"""
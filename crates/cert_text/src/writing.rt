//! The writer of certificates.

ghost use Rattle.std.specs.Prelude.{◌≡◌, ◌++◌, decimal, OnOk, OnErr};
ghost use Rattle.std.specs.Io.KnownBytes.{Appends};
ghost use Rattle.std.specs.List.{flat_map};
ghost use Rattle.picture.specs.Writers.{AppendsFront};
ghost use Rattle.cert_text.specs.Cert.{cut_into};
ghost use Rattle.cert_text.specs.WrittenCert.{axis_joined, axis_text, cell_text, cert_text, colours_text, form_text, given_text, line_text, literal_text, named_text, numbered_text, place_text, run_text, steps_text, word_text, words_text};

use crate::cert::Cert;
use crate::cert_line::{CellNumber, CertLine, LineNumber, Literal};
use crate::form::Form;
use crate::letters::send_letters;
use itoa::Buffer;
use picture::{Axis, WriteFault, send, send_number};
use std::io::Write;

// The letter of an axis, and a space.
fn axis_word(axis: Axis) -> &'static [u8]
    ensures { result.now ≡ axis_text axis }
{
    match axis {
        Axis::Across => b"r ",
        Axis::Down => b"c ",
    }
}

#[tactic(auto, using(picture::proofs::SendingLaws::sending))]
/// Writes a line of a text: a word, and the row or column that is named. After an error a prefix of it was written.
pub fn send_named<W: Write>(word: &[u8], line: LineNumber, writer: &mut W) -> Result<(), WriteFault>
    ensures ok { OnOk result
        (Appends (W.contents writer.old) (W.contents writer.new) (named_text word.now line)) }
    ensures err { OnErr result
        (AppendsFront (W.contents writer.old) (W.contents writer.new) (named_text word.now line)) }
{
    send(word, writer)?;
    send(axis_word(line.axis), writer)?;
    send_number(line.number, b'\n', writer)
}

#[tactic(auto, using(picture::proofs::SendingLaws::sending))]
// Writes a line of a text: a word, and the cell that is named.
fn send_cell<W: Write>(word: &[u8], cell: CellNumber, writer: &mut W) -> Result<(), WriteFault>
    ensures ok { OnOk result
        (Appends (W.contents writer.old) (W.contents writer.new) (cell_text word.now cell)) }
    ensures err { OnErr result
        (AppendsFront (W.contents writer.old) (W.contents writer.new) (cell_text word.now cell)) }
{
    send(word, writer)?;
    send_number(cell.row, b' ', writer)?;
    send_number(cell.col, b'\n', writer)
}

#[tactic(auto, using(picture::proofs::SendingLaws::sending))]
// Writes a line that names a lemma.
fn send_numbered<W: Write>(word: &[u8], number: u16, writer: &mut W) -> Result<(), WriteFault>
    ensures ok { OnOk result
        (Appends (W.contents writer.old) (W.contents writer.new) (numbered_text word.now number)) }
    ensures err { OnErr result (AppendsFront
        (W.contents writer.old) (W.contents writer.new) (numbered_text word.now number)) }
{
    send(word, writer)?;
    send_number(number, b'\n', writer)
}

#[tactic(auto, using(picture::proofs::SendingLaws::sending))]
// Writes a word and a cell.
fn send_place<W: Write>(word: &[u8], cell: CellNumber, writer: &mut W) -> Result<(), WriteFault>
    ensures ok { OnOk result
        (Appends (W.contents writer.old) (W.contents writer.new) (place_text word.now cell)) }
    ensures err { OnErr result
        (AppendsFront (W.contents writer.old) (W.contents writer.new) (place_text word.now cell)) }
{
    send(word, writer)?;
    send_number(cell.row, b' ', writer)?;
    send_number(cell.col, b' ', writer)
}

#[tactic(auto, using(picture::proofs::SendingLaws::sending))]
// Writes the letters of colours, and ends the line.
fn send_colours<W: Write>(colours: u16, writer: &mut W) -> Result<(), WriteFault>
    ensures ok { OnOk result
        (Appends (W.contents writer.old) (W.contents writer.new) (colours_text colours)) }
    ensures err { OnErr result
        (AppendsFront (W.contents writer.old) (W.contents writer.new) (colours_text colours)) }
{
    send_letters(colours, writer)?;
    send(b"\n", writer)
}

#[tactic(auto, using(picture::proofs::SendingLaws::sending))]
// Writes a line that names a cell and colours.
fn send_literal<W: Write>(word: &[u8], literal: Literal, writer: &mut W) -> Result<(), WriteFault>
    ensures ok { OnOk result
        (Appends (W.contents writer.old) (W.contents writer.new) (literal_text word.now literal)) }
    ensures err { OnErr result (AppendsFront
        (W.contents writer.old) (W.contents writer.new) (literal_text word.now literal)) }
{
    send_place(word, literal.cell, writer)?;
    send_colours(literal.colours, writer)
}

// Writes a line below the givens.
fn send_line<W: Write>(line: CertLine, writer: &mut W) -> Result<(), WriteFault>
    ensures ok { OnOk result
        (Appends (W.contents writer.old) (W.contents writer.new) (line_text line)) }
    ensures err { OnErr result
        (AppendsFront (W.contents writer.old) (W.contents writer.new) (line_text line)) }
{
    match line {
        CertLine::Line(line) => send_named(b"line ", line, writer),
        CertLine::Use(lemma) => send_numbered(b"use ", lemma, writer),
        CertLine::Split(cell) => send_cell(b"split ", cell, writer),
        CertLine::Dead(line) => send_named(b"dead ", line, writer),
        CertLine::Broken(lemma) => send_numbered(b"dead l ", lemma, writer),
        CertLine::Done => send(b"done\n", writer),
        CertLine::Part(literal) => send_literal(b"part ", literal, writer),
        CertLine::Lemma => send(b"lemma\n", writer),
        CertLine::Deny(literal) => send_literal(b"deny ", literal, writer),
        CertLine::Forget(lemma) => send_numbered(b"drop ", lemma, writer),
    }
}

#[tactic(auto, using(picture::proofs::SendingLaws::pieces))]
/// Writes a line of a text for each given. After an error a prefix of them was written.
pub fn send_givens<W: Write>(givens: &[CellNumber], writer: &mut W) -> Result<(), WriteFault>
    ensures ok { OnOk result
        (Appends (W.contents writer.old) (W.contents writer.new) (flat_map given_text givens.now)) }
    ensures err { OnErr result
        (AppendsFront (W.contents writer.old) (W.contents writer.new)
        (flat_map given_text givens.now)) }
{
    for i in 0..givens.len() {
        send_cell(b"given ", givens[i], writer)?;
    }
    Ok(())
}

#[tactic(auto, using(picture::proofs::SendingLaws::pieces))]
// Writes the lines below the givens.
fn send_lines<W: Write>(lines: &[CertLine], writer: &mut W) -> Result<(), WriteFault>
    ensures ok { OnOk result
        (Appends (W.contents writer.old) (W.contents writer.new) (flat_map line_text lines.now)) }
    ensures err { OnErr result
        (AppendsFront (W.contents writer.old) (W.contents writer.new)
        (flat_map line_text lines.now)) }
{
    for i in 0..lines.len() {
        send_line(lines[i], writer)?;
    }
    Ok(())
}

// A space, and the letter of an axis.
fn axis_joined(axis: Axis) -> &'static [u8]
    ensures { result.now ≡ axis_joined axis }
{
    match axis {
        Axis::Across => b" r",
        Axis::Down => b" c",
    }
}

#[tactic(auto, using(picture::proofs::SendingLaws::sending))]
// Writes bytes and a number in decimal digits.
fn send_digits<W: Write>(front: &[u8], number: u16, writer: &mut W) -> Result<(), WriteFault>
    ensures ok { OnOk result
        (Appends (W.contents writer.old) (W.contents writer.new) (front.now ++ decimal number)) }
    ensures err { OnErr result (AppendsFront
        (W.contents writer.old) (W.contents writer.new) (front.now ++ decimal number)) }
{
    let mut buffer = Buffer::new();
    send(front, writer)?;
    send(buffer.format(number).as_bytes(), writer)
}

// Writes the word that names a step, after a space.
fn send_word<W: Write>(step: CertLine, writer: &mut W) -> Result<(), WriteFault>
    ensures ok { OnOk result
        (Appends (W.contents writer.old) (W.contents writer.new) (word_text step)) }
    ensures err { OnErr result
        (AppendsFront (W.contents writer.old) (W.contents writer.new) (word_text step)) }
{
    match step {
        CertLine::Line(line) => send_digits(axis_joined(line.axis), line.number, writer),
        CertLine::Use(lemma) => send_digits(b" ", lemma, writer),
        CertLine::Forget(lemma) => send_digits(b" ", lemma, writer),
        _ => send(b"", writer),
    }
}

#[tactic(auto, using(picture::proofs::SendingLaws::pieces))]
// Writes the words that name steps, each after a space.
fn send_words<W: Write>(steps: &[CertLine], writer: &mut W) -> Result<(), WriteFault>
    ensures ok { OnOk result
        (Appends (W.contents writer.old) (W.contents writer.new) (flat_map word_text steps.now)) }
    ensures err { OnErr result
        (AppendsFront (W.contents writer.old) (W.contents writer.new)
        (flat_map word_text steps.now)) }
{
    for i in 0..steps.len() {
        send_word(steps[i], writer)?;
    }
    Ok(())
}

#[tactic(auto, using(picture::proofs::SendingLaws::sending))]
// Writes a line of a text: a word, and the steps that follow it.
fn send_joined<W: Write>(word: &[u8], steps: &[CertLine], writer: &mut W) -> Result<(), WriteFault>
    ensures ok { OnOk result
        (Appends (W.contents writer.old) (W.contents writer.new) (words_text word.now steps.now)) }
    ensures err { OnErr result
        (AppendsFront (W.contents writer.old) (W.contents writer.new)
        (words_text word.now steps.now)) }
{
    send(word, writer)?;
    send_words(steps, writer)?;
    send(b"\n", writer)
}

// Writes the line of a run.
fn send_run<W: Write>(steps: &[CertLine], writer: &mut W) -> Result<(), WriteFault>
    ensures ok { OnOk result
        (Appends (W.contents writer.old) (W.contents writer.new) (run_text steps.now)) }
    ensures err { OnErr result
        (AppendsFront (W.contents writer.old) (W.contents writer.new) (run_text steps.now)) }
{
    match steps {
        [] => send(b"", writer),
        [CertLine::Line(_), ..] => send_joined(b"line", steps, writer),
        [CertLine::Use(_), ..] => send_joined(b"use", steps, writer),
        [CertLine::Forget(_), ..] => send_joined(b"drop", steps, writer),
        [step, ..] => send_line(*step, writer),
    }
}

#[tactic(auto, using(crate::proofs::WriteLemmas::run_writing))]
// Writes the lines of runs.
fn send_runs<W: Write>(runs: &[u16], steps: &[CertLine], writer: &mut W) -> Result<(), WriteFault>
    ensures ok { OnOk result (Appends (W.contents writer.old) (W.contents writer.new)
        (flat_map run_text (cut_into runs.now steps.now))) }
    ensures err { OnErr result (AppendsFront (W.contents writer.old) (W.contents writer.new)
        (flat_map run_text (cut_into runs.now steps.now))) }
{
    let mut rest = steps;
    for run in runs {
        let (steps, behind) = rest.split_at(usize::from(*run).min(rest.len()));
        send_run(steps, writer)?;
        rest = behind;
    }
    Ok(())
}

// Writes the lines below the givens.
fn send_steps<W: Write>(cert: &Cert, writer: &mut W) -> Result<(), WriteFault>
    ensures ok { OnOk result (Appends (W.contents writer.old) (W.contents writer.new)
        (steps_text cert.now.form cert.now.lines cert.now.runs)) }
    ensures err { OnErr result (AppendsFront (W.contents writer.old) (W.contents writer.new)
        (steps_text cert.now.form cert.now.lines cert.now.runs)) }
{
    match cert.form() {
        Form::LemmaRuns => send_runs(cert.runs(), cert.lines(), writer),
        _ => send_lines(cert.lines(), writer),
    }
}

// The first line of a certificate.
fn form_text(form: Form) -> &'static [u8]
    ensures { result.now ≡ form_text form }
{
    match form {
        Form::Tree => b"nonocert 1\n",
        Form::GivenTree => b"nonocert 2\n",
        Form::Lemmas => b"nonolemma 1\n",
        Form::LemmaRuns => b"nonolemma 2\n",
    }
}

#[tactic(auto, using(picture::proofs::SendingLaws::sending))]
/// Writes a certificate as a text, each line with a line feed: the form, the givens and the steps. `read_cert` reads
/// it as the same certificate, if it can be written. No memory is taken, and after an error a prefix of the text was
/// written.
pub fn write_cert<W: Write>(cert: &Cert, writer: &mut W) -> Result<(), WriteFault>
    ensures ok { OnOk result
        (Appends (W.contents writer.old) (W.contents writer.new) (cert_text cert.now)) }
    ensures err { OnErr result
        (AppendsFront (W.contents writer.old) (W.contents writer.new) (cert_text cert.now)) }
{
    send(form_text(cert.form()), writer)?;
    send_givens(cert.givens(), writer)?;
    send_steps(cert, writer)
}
"""
Would you copy out exactly the lines above that start at the one containing "send(axis_word(line.axis), writer)?;" and end at the one containing "cell that is named.", inclusive?

    send(axis_word(line.axis), writer)?;
    send_number(line.number, b'\n', writer)
}

#[tactic(auto, using(picture::proofs::SendingLaws::sending))]
// Writes a line of a text: a word, and the cell that is named.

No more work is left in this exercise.